Kazakhstan Considers Reopening Case Of Man's Death After Police Custody

Irina Reibant started a hunger strike on July 25, four days after local law enforcement officials rejected a request to reopen the case of his death.

PETROPAVL, Kazakhstan -- Authorities in the northern Kazakh city of Petropavl have reportedly started the process of reopening a case into the alleged killing of a 25-year-old man by police in 2017.

Anatoly Reibant's mother, who has been on a hunger strike for 19 days demanding justice, told RFE/RL that officials on August 13 handed her a letter saying that the regional prosecutor's office had requested the Prosecutor-General's Office in Nur-Sultan, the capital, reopen the case.

Reibant, a father of two, died weeks after he sustained multiple facial fractures while in police custody.

His parents say he died after he was severely beaten by several police officers, while a court has ruled it a suicide.

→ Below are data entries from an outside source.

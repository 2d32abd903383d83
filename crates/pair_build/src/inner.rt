// Pairs reached in one more move, sweep after sweep. All of it is inlined: a caller that gives constants as counts has a loop by these constants, which
// takes a quarter less time.
ghost use Rattle.std.specs.Prelude.{◌≡◌, false, ◌+◌, ◌<◌, length};
ghost use Rattle.pair_table.specs.Answers.{Expanded, Outcome};
ghost use Rattle.pair_table.specs.Tables.{Counts};
ghost use Rattle.pair_table.specs.Over.{step_by, pairs_of, ReadyFor, LayerBy, OutcomeBy};

use pair_table::inner::{neighbour_of, rows_of};
use pair_table::{BuildError, Pairs};

// Each neighbour of pair p that holds 255 gets d.
#[inline(always)]
fn expand(pairs: &Pairs, tab: &mut [u8], p: usize, d: u8)
    requires ready { ReadyFor pairs.now tab.old }
    requires p_bound { p < pairs_of pairs.now }
    ensures tab_len_unchanged { length tab.new ≡ length tab.old }
    ensures expanded { Expanded (step_by pairs.now) p d pairs.now.moves tab.old tab.new }
{
    // a copy, which no write to the table can change: it stays in registers
    let held = *pairs;
    let (i, j) = rows_of(&held, p);
    for m in 0..held.moves {
        let q = neighbour_of(&held, i, j, m);
        if tab[q] == 255 {
            tab[q] = d;
        }
    }
}

// Expands every pair at distance d, and says whether there was one. What is found holds d + 1, so it waits for the next sweep.
#[inline(always)]
fn sweep(pairs: &Pairs, tab: &mut [u8], d: u8) -> bool
    requires ready { ReadyFor pairs.now tab.old }
    requires d_bound { d < 254 }
    requires layer { LayerBy pairs.now d tab.old }
    ensures tab_len_unchanged { length tab.new ≡ length tab.old }
    ensures layer_2 { LayerBy pairs.now (d + 1) tab.new }
    ensures tab_unchanged { result ≡ false → tab.new ≡ tab.old }
{
    let mut met = false;
    // by index: `expand` writes anywhere in the table
    for p in 0..tab.len() {
        if tab[p] == d {
            expand(pairs, tab, p, d + 1);
            met = true;
        }
    }
    met
}

// Sweeps for one distance after the other, while pairs are found.
#[inline(always)]
fn flood(pairs: &Pairs, tab: &mut [u8])
    requires ready { ReadyFor pairs.now tab.old }
    requires layer { LayerBy pairs.now 0 tab.old }
    ensures tab_len_unchanged { length tab.new ≡ length tab.old }
    ensures layer_2 { LayerBy pairs.now 254 tab.new }
{
    for d in 0..254u8 {
        if !sweep(pairs, tab, d) {
            return;
        }
    }
}

// Every pair gets its least number of moves from pair 0.
#[inline(always)]
pub fn get_pairs_table(pairs: &Pairs, tab: &mut [u8]) -> Result<(), BuildError>
    ensures { OutcomeBy pairs.now tab.old tab.new result }
{
    if tab.len() != pairs.count() {
        return Err(BuildError::Length);
    }
    if !pairs.entries_below() {
        return Err(BuildError::Entry);
    }
    tab.fill(255);
    tab[0] = 0;
    flood(pairs, tab);
    if tab.contains(&255) {
        return Err(BuildError::Unreached);
    }
    Ok(())
}

// The same by two move tables whose lengths are still to be tested.
#[inline(always)]
pub fn get_prune_table(
    t1: &[u16],
    t2: &[u16],
    tab: &mut [u8],
    n1: usize,
    n2: usize,
    k: usize,
) -> Result<(), BuildError>
    requires { Counts n1 n2 k }
    ensures { Outcome t1.now t2.now n1 n2 k tab.old tab.new result }
{
    match Pairs::new(t1, t2, n1, n2, k) {
        Some(pairs) => get_pairs_table(&pairs, tab),
        None => Err(BuildError::Length),
    }
}
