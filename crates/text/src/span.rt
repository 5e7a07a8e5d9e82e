// Parts of the run of bytes that `replay` works on.

ghost use Rattle.std.specs.Prelude.{◌≡◌, ◌+◌, ◌-◌, ◌≤◌, length, take, drop};

// The bytes from one index to another. Not `octets::Span`, which public calls answer: the methods here
// would have to stand there.
#[derive(Clone, Copy)]
pub struct Span {
    pub from: usize,
    pub end: usize,
}

impl Span {
    pub const EMPTY: Span = Span { from: 0, end: 0 };

    // So many bytes from an index on.
    pub fn at(from: usize, len: usize) -> Span
        ensures from { result.from ≡ from }
        ensures end { from + len ≤ usize.MAX → result.end ≡ from + len }
    {
        Span {
            from,
            end: from.saturating_add(len),
        }
    }

    pub fn length(self) -> usize
        ensures { result ≡ self.end - self.from }
    {
        self.end.saturating_sub(self.from)
    }

    // Its bytes, or none where they aren't there.
    pub fn of<'a>(self, run: &'a [u8]) -> &'a [u8]
        ensures { self.from ≤ self.end → self.end ≤ length run.now → result.now ≡ take (self.end - self.from) (drop self.from run.now) }
    {
        cut(run, self.from, self.end)
    }

    // Its first bytes, so many, or all.
    pub fn take(self, n: usize) -> Span
        ensures from { result.from ≡ self.from }
        ensures end { result.end ≤ self.end }
        ensures most { result.end - result.from ≤ n }
    {
        Span {
            from: self.from,
            end: self.from.saturating_add(n).min(self.end),
        }
    }
}

// The bytes from one index to another, or none where they aren't there.
pub fn cut<'a>(run: &'a [u8], from: usize, end: usize) -> &'a [u8]
    ensures { from ≤ end → end ≤ length run.now → result.now ≡ take (end - from) (drop from run.now) }
{
    run.get(from..end).unwrap_or(&[])
}
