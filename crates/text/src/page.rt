// The text, as it is put together and written.
ghost use Rattle.std.specs.Prelude.{◌≡◌, ◌+◌, ◌≤◌, ◌↔◌, IsSome, IsTrue, length, false};
ghost use Rattle.octets.specs.Put.{put};

use super::span::{Span, cut};
use itoa::Buffer;

// Where the text begins.
pub const START: usize = 2753540;

// Free bytes before an answer: more than the longest that is compared and a verdict take, and more
// than a `feed` with all that its reader can hold, 290,948: 134 before the packets, 262,142 digits,
// and 14 for the blank and the class of each of 2,048 packets.
const FREE: usize = 294912;

// More than a verdict takes.
const VERDICT: usize = 64;

// The run of bytes with text in it, and the runtime that writes it. That a call keeps the run's length
// stays a clause of each: no type says how a value after a call stands to the one before, and a page
// is of a run of any length.
#[derive(Drop)]
pub struct Page<'a, R: Print> {
    rt: &'a R,
    pub run: &'a mut [u8],
    // Where the text ends, and up to where it is written.
    pub waiting: usize,
    written: usize,
    // Where the last answer stands, and whether its start is gone.
    answer: Span,
    parted: bool,
    // Whether a write failed; one that did is never forgotten.
    pub failed: bool,
    // Whether packets are shown with their classes.
    pub classes: bool,
}

impl<'a, R: Print> Page<'a, R> {
    // One with no text.
    pub fn new(rt: &'a R, run: &'a mut [u8]) -> Page<'a, R>
        ensures { result.waiting ≡ START }
    {
        Page {
            rt,
            run,
            waiting: START,
            written: START,
            answer: Span::at(START, 0),
            parted: false,
            failed: false,
            classes: false,
        }
    }

    // The last answer, if it stands in one piece.
    pub fn answer(&self) -> Option<&[u8]>
        ensures { IsSome result ↔ (self.now.parted ≡ false) }
    {
        if self.parted {
            return None;
        }
        Some(self.answer.of(self.run))
    }

    pub fn word(&mut self, text: &[u8])
        ensures kept { length self.new.run.now ≡ length self.old.run.now }
        ensures stands { self.old.waiting + length text.now ≤ length self.old.run.now → self.new.run.now ≡ put self.old.run.now self.old.waiting text.now }
        ensures waits { self.old.waiting + length text.now ≤ length self.old.run.now → self.new.waiting ≡ self.old.waiting + length text.now }
    {
        if self.has_room(text.len()) {
            octets::copy_in(self.run, self.waiting, text);
            self.waiting += text.len();
            return;
        }
        self.anew();
        let went = self.write(text);
        self.failed = !went;
    }

    // Whether n bytes are free behind what waits.
    fn has_room(&self, n: usize) -> bool
        ensures { IsTrue result ↔ (self.now.waiting + n ≤ length self.now.run.now) }
    {
        let end = self.run.len();
        self.waiting <= end && n <= end - self.waiting
    }

    // What waits is written.
    pub fn flush(&mut self)
        ensures kept { self.new.run.now ≡ self.old.run.now }
        ensures waits { self.new.waiting ≡ self.old.waiting }
    {
        let went = self.write_waiting();
        self.failed = !went;
        self.written = self.waiting;
    }

    fn write_waiting(&self) -> bool {
        self.write(cut(self.run, self.written, self.waiting))
    }

    // Whether all is written so far.
    fn write(&self, text: &[u8]) -> bool {
        !self.failed && self.rt.write_all(text).is_ok()
    }

    // What waits is written, and the text starts anew.
    fn anew(&mut self)
        ensures { length self.new.run.now ≡ length self.old.run.now }
    {
        self.flush();
        self.waiting = START;
        self.written = START;
        self.parted = true;
    }

    // An answer begins: it will stand in one piece, unless it is longer than what is free at least.
    pub fn begin(&mut self)
        ensures { length self.new.run.now ≡ length self.old.run.now }
    {
        self.ready(FREE);
        self.parted = false;
        self.answer.from = self.waiting;
    }

    // It ends, and with it its line.
    pub fn close(&mut self)
        ensures { length self.new.run.now ≡ length self.old.run.now }
    {
        self.answer.end = self.waiting;
        self.word(b"\n");
    }

    // A verdict on the last answer begins: where there is no room behind what waits there is behind
    // the answer.
    pub fn verdict(&mut self)
        ensures { length self.new.run.now ≡ length self.old.run.now }
    {
        if self.has_room(VERDICT) {
            return;
        }
        self.flush();
        self.waiting = self.answer.end;
        self.written = self.answer.end;
    }

    // A number in decimal digits.
    fn number(&mut self, n: u64)
        ensures { length self.new.run.now ≡ length self.old.run.now }
    {
        let mut digits = Buffer::new();
        self.word(digits.format(n).as_bytes());
    }

    // A word and a number behind it.
    pub fn counted(&mut self, text: &[u8], n: u64)
        ensures { length self.new.run.now ≡ length self.old.run.now }
    {
        self.word(text);
        self.number(n);
    }

    // A word, and the first count numbers behind it, a blank before each, if there are so many.
    pub fn first(&mut self, text: &[u8], numbers: &[u32], count: usize)
        ensures { length self.new.run.now ≡ length self.old.run.now }
    {
        self.word(text);
        if numbers.len() < count {
            return;
        }
        for n in &numbers[..count] {
            self.counted(b" ", u64::from(*n));
        }
    }

    // At least n bytes free, where the run has so many: what waits is written if there are fewer.
    fn ready(&mut self, n: usize)
        ensures { length self.new.run.now ≡ length self.old.run.now }
    {
        if !self.has_room(n) {
            self.anew();
        }
    }

    // Text that stands in the run, moved up behind what waits.
    pub fn join(&mut self, text: Span)
        ensures { length self.new.run.now ≡ length self.old.run.now }
    {
        let Span { from, end } = text;
        if self.run.len() < end || end < from || from < self.waiting {
            return;
        }
        octets::slide(self.run, from, self.waiting, end - from);
        self.waiting += end - from;
    }

    // Bytes of the run, put behind what waits.
    pub fn copy(&mut self, bytes: Span)
        ensures { length self.new.run.now ≡ length self.old.run.now }
    {
        let Span { from, end } = bytes;
        let n = bytes.length();
        self.ready(n);
        if from <= end && end <= self.run.len() && self.has_room(n) {
            octets::slide(self.run, from, self.waiting, n);
            self.waiting += n;
        }
    }
}

// A line to the error output, at once.
pub fn complain(rt: &HostRuntime, line: &[u8]) {
    let _ = rt.stderr().write_all(line);
}
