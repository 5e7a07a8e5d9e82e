// What calls answer, as it is written.
ghost use Rattle.std.specs.Prelude.{◌≡◌, length};

use super::page::Page;
use super::span::Span;
use packet::Class;
use refusal::Refusal;

// The words of answers.
#[derive(Clone, Copy)]
pub enum Word {
    Ok,
    None,
    Again,
    NoReply,
    True,
    False,
    Refused,
    Event,
    Sent,
    Packets,
    Accepted,
    Last,
    Bytes,
    Room,
    Packet,
    Reply,
}

impl Word {
    // Its letters, behind a blank.
    fn letters(self) -> &'static [u8] {
        match self {
            Word::Ok => b" ok",
            Word::None => b" none",
            Word::Again => b" again",
            Word::NoReply => b" noreply",
            Word::True => b" true",
            Word::False => b" false",
            Word::Refused => b" refused",
            Word::Event => b" event",
            Word::Sent => b" sent",
            Word::Packets => b" packets",
            Word::Accepted => b" accepted",
            Word::Last => b" last",
            Word::Bytes => b" bytes",
            Word::Room => b" room",
            Word::Packet => b" packet",
            Word::Reply => b" reply",
        }
    }
}

// A word and its number; another word with its number; the refusal that stopped it; a packet, as
// bytes of the run; and a packet's class, which is written once classes are shown. Each part that
// is there has a blank before it.
#[derive(Clone, Copy, Default)]
pub struct Answer {
    pub word: Option<Word>,
    pub count: Option<u64>,
    pub also: Option<(Word, u64)>,
    pub stop: Option<Refusal>,
    pub packet: Option<Span>,
    pub class: Option<Class>,
}

pub fn say(word: Word) -> Answer {
    Answer {
        word: Some(word),
        ..Answer::default()
    }
}

pub fn count(word: Option<Word>, n: u64) -> Answer {
    Answer {
        word,
        count: Some(n),
        ..Answer::default()
    }
}

pub fn refusal(refusal: Refusal) -> Answer {
    Answer {
        stop: Some(refusal),
        ..Answer::default()
    }
}

pub fn both(word: Option<Word>, n: u64, also: Word, m: u64, stop: Option<Refusal>) -> Answer {
    Answer {
        also: Some((also, m)),
        stop,
        ..count(word, n)
    }
}

pub fn also(word: Option<Word>, also: Word, m: u64) -> Answer {
    Answer {
        word,
        also: Some((also, m)),
        ..Answer::default()
    }
}

pub fn shown(word: Option<Word>, from: usize, len: usize) -> Answer {
    Answer {
        word,
        packet: Some(Span::at(from, len)),
        ..Answer::default()
    }
}

pub fn classed(word: Word, class: Class) -> Answer {
    Answer {
        class: Some(class),
        ..say(word)
    }
}

pub fn whether(yes: bool) -> Answer {
    say(if yes { Word::True } else { Word::False })
}

// The number of the refusal, where there is one, behind its word.
fn stopped(stop: Option<Refusal>) -> Option<(Word, u64)> {
    let refusal = stop?;
    Some((Word::Refused, refusal.number() as u64))
}

impl<'a, R: Print> Page<'a, R> {
    // An answer.
    pub fn tell(&mut self, answer: Answer)
        ensures { length self.new.run.now ≡ length self.old.run.now }
    {
        if let Some(word) = answer.word {
            self.word(word.letters());
        }
        if let Some(n) = answer.count {
            self.counted(b" ", n);
        }
        self.item(answer.also);
        self.item(stopped(answer.stop));
        if let Some(packet) = answer.packet {
            self.packet(packet);
        }
        if let Some(class) = answer.class {
            self.class(class);
        }
    }

    fn item(&mut self, item: Option<(Word, u64)>)
        ensures { length self.new.run.now ≡ length self.old.run.now }
    {
        if let Some((word, n)) = item {
            self.word(word.letters());
            self.counted(b" ", n);
        }
    }
}
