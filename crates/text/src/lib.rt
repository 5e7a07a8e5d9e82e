// Inside: what `replay` writes to standard output, gathered in the run of bytes that it works on.
//
// A `Page` is that run with the runtime that writes it. Text stands in the run from an index on: each
// call puts text behind what waits. Where a text would pass the run's end, what waits is written and
// the text starts anew; `flush` writes what waits, and the text goes on behind it, so that the last
// answer still stands there. Behind a write that failed nothing is written. Packets that are shown
// stand in the same run, somewhere before.
#![tactic(auto)]

mod answers;
mod classes;
mod hex;
mod page;
mod span;

pub use answers::{Answer, Word, also, both, classed, count, refusal, say, shown, whether};
pub use classes::class_of;
pub use page::{Page, START, complain};
pub use span::{Span, cut};
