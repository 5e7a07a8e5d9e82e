// Bytes as lower-case hex digits.
ghost use Rattle.std.specs.Prelude.{◌≡◌, ◌+◌, ◌*◌, ◌≤◌, ◌<◌, length};

use super::page::Page;
use super::span::Span;

impl<'a, R: Print> Page<'a, R> {
    // Bytes of the run, behind a blank.
    pub fn packet(&mut self, packet: Span)
        ensures { length self.new.run.now ≡ length self.old.run.now }
    {
        self.word(b" ");
        let Span { from, end } = packet;
        let room = self.run.len();
        if room < end || end < from {
            return;
        }
        let len = end - from;
        if self.waiting <= room && len <= (room - self.waiting) / 2 {
            digits(self.run, self.waiting, from, len);
            self.waiting += 2 * len;
            return;
        }
        self.pairs(packet);
    }

    // Where some of them may not fit.
    fn pairs(&mut self, packet: Span)
        ensures { length self.new.run.now ≡ length self.old.run.now }
    {
        for i in packet.from..packet.end {
            if let Some(x) = self.run.get(i).copied() {
                self.byte(x);
            }
        }
    }

    // Bytes, behind a blank.
    pub fn hex(&mut self, bytes: &[u8])
        ensures { length self.new.run.now ≡ length self.old.run.now }
    {
        self.word(b" ");
        for x in bytes {
            self.byte(*x);
        }
    }

    // A byte as two digits.
    fn byte(&mut self, x: u8)
        ensures { length self.new.run.now ≡ length self.old.run.now }
    {
        self.word(&[digit(x / 16), digit(x % 16)]);
    }
}

// Where all of them fit behind what waits.
fn digits(out: &mut [u8], waiting: usize, from: usize, len: usize)
    requires len_in_bounds { from + len ≤ length out.old }
    requires len_in_bounds_2 { waiting + 2 * len ≤ length out.old }
{
    for i in 0..len {
        let x = out[from + i];
        out[waiting + 2 * i] = digit(x / 16);
        out[waiting + 2 * i + 1] = digit(x % 16);
    }
}

fn digit(x: u8) -> u8
    requires { x < 16 }
{
    b"0123456789abcdef"[x as usize]
}
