// The classes of packets as words, for a script that asks for them.
ghost use Rattle.std.specs.Prelude.{◌≡◌, IfSome, length};
ghost use Rattle.packet.specs.Class.{says_class};
ghost use Rattle.packet.specs.Packet.{class_number};

use super::page::Page;
use packet::Class;

impl<'a, R: Print> Page<'a, R> {
    // The word of a class, behind a blank, once classes are shown.
    pub fn class(&mut self, class: Class)
        ensures { length self.new.run.now ≡ length self.old.run.now }
    {
        if self.classes {
            self.word(letters(class));
        }
    }
}

fn letters(class: Class) -> &'static [u8] {
    match class {
        Class::Error => b" error",
        Class::Reply => b" reply",
        Class::Event => b" event",
        Class::SentEvent => b" sent-event",
        Class::Generic => b" generic",
        Class::SentGeneric => b" sent-generic",
    }
}

// The class of a number that `From<Class> for u8` of `packet` gives. It stays a number in the marks of
// `poll_for_events`, which C reads. A function, and no `TryFrom` in `packet`: only programs read a
// class back.
pub fn class_of(number: u64) -> Option<Class>
    ensures { IfSome result (λ c. class_number (says_class c) ≡ number) }
{
    match number {
        0 => Some(Class::Error),
        1 => Some(Class::Reply),
        2 => Some(Class::Event),
        3 => Some(Class::SentEvent),
        4 => Some(Class::Generic),
        5 => Some(Class::SentGeneric),
        _ => None,
    }
}
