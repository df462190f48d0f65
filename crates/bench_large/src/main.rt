//! Reads a message with a large array of bytes out of a stream, and prints how many bytes the array has. The argument
//! says of how many pieces of 65,536 bytes the array is; 1,024 are the most that an array may have. `bench/run`
//! measures the most memory that this takes.
#![tactic(auto)]

ghost use Rattle.std.specs.Prelude.{◌≤◌};

use anyhow::{Result, anyhow};
use dbus_held::Lent;
use dbus_msg::{Decoder, FeedEnd, Message};
use fw_base::Memory;
use std::alloc::Global;
use std::env;

/// How many bytes the stream's pieces have.
const PIECE: u32 = 65_536;

/// How many pieces an array may have.
const MOST: u32 = 1_024;

/// The bytes of one piece: 0 to 255, again and again.
fn piece(alloc: Global) -> Result<Vec<u8>, Memory> {
    let mut bytes = Vec::new(alloc);
    for number in 0..PIECE {
        bytes.push((number % 256) as u8)?;
    }
    Ok(bytes)
}

/// A return whose body is an array of so many bytes, as far as the array's length.
fn head(alloc: Global, count: u32) -> Result<Vec<u8>, Memory>
    requires { count ≤ 67108864 }
{
    let mut bytes = Vec::new(alloc);
    bytes.extend_from_slice(b"l\x02\x01\x01")?;
    bytes.extend_from_slice(&(count + 4).to_le_bytes())?;
    bytes.extend_from_slice(b"\x01\0\0\0\x10\0\0\0\x05\x01u\0\x07\0\0\0\x08\x01g\0\x02ay\0")?;
    bytes.extend_from_slice(&count.to_le_bytes())?;
    Ok(bytes)
}

/// How many bytes the array of a message has, or 0 where they are others.
fn array_len(alloc: Global, message: &Message) -> Result<usize, Memory> {
    let Some(Lent::Bytes(bytes)) = message.body.lent(alloc, 0)? else {
        return Ok(0);
    };
    let same = bytes
        .iter()
        .enumerate()
        .all(|(place, byte)| *byte == (place % 256) as u8);
    Ok(if same { bytes.len() } else { 0 })
}

/// How many bytes the array has that is received in so many pieces, or 0 where another message is.
fn received(alloc: Global, pieces: u32) -> Result<usize, Memory>
    requires { pieces ≤ 1024 }
{
    let mut decoder = Decoder::new(alloc);
    let mut left = 1u64 << 40;
    let head = head(alloc, pieces * PIECE)?;
    let piece = piece(alloc)?;
    let mut len = 0;
    if left < head.len() as u64 {
        return Ok(0);
    }
    left -= head.len() as u64;
    let fed = decoder.feed(head.as_slice());
    if fed.end != FeedEnd::Open {
        return Ok(0);
    }
    for _ in 0..pieces {
        if left < piece.len() as u64 {
            return Ok(0);
        }
        left -= piece.len() as u64;
        let fed = decoder.feed(piece.as_slice());
        if fed.end != FeedEnd::Open {
            return Ok(0);
        }
        for message in fed.messages.as_slice() {
            len = array_len(alloc, message)?;
        }
    }
    Ok(len)
}

fn main(rt: HostRuntime) -> Result<()> {
    let word = env::args(&rt)?
        .nth(1)
        .ok_or_else(|| anyhow!("of how many pieces is the array?"))?;
    let pieces = word.as_str().parse::<u32>()?.min(MOST);
    println!(rt; "{}", received(rt.alloc(), pieces)?)?;
    Ok(())
}
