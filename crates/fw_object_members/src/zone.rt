//! Members on a zone of the permanent settings.
ghost use Rattle.std.specs.Prelude.{◌≡◌, ◌<◌, length, slice_set, IfOk, OnErr};
ghost use Rattle.std.specs.Fmt.{decimal};
ghost use Rattle.fw_act.specs.Acts.{Acts, Reads, required};
ghost use Rattle.std.specs.List.{list_any};
ghost use Rattle.std.specs.Str.{bytes_eq};
ghost use Rattle.fw_answer.specs.Lists.{is_in};
ghost use Rattle.fw_object_members.specs.Zones.{is_needed, names_zone, removable_zone, remove_zone_member, update_zone_member, with_zone_at, without_zone_at, zone_settings_member};

use super::built_in::is_built_in;
use super::object::{find_zone, refuse_number};
use fw_act::{Answer, Stop, replied};
use fw_base::{Seq, Text, TryCopy};
use fw_calls::{Dict, Reply};
use fw_dicts::read_zone_at;
use fw_model::{Code, Config, Policy, Zone};
use fw_settings::Settings;
use std::alloc::Global;

/// `getSettings2`: all settings of a permanent zone. Refuses a number that no zone has.
#[tactic(auto, unfolding(crate::specs::Zones::zone_settings_member))]
pub fn zone_settings_member(alloc: Global, settings: &Settings, number: u64) -> Result<Answer, Stop>
    ensures { Acts settings.entry.now result (zone_settings_member settings.entry.now number) }
{
    let found = find_zone(alloc, settings, number)?;
    let zone = found.zone.copy(alloc)?;
    Ok(replied(alloc, Reply::ZoneSettings(zone)))
}

/// `update2`: a dict makes another zone of a permanent zone, which keeps its name, its place and its number; there is no signal.
///
/// Refuses a number that no zone has, and what `read_zone` refuses; nothing changes then.
#[tactic(auto, unfolding(crate::specs::Zones::update_zone_member))]
pub fn update_zone_member(
    alloc: Global,
    settings: &mut Settings,
    number: u64,
    dict: &Dict,
) -> Result<Answer, Stop>
    ensures acts { Acts settings.new result (update_zone_member settings.old number dict.now) }
    ensures err { OnErr result (settings.new ≡ settings.old) }
{
    let found = find_zone(alloc, settings, number)?;
    let place = found.place;
    let zone = read_zone_at(alloc, &settings.permanent, place, found.zone, dict)?;
    put_zone(settings, place, zone);
    Ok(replied(alloc, Reply::None))
}

/// `remove`: a zone goes from the permanent settings, with its number, which isn't given again; there is no signal.
///
/// Refuses, in this order, a number that no zone has, a zone whose name a built-in zone has, and the default zone and one that a policy
/// names, each of them permanent; nothing changes then.
#[tactic(auto, unfolding(crate::specs::Zones::remove_zone_member))]
pub fn remove_zone_member(
    alloc: Global,
    settings: &mut Settings,
    number: u64,
) -> Result<Answer, Stop>
    ensures acts { Acts settings.new result (remove_zone_member settings.old number) }
    ensures err { OnErr result (settings.new ≡ settings.old) }
{
    let place = removable_zone(alloc, settings, number)?;
    remove_zone(settings, place);
    Ok(replied(alloc, Reply::None))
}

/// The place of the zone with a number, which may be removed.
#[tactic(auto, unfolding(crate::specs::Zones::removable_zone))]
fn removable_zone(alloc: Global, settings: &Settings, number: u64) -> Result<usize, Stop>
    ensures reads { Reads result (removable_zone settings.entry.now number) }
    ensures within { IfOk result (λ place. place < length settings.entry.now.permanent.zones) }
    ensures numbered { IfOk result (λ place. place < length settings.entry.now.zone_ids) }
{
    let found = find_zone(alloc, settings, number)?;
    let name = found.zone.name.as_str();
    require(alloc, !is_built_in(name), Code::BuiltinZone, number)?;
    require(
        alloc,
        !is_needed(&settings.permanent, name),
        Code::InvalidZone,
        number,
    )?;
    Ok(found.place)
}

/// Refuses an object by its number where a test of it doesn't hold.
fn require(alloc: Global, holds: bool, code: Code, number: u64) -> Result<(), Stop>
    ensures { Reads result (required holds code (decimal number)) }
{
    if holds {
        Ok(())
    } else {
        Err(Stop::Refused(refuse_number(alloc, code, number)?))
    }
}

/// Whether a zone is the default zone, or a policy names it.
#[tactic(auto, unfolding(crate::specs::Zones::is_needed))]
fn is_needed(config: &Config, name: &str) -> bool
    ensures { result ≡ is_needed config.now name.now }
{
    config.default_zone.as_str() == name || is_named(config.policies.as_slice(), name)
}

/// Whether one of some policies names a zone.
fn is_named(policies: &[Policy], name: &str) -> bool
    ensures { result ≡ list_any (names_zone name.now) policies.now }
{
    policies.iter().any(|policy| names_zone(name, policy))
}

/// Whether a policy names a zone, on either side.
fn names_zone(name: &str, policy: &Policy) -> bool
    ensures { result ≡ names_zone name.now policy.now }
{
    is_listed(name, policy.ingress.as_slice()) || is_listed(name, policy.egress.as_slice())
}

fn is_listed(name: &str, names: &[Text]) -> bool
    ensures { result ≡ is_in bytes_eq name.now names.now }
{
    names.iter().any(|listed| listed.as_str() == name)
}

/// Another zone at a place.
#[tactic(auto, unfolding(crate::specs::Zones::with_zone_at))]
fn put_zone(settings: &mut Settings, place: usize, zone: Zone)
    requires { place < length settings.old.permanent.zones }
    ensures { settings.new ≡ with_zone_at settings.old place zone }
{
    put(&mut settings.permanent.zones, place, zone);
}

fn put(zones: &mut Seq<Zone>, place: usize, zone: Zone)
    requires { place < length zones.old }
    ensures { zones.new ≡ slice_set zones.old place zone }
{
    *zones.get_mut(place) = zone;
}

/// Takes out the zone at a place, and its number.
#[tactic(auto, unfolding(crate::specs::Zones::without_zone_at))]
fn remove_zone(settings: &mut Settings, place: usize)
    requires within { place < length settings.old.permanent.zones }
    requires numbered { place < length settings.old.zone_ids }
    ensures { settings.new ≡ without_zone_at settings.old place }
{
    let _ = settings.permanent.zones.remove(place);
    let _ = settings.zone_ids.remove(place);
}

The mother, Irina Reibant, started a hunger strike on July 25, four days after local law enforcement officials rejected a request to reopen the case of his death.

Police brutality in the tightly controlled Central Asian state has been an issue for decades.

The 61-year-old mother told RFE/RL that physicians who accompanied the officials at her home recommended she stop the hunger strike.

"I refused to stop the hunger strike, saying to them that I will continue it until the case is returned to a court and those responsible for my son's death are convicted," Reibant said.

She added that officials promised to grant her husband, who has a cancer condition, disability status and to provide him with an additional annual financial allowance.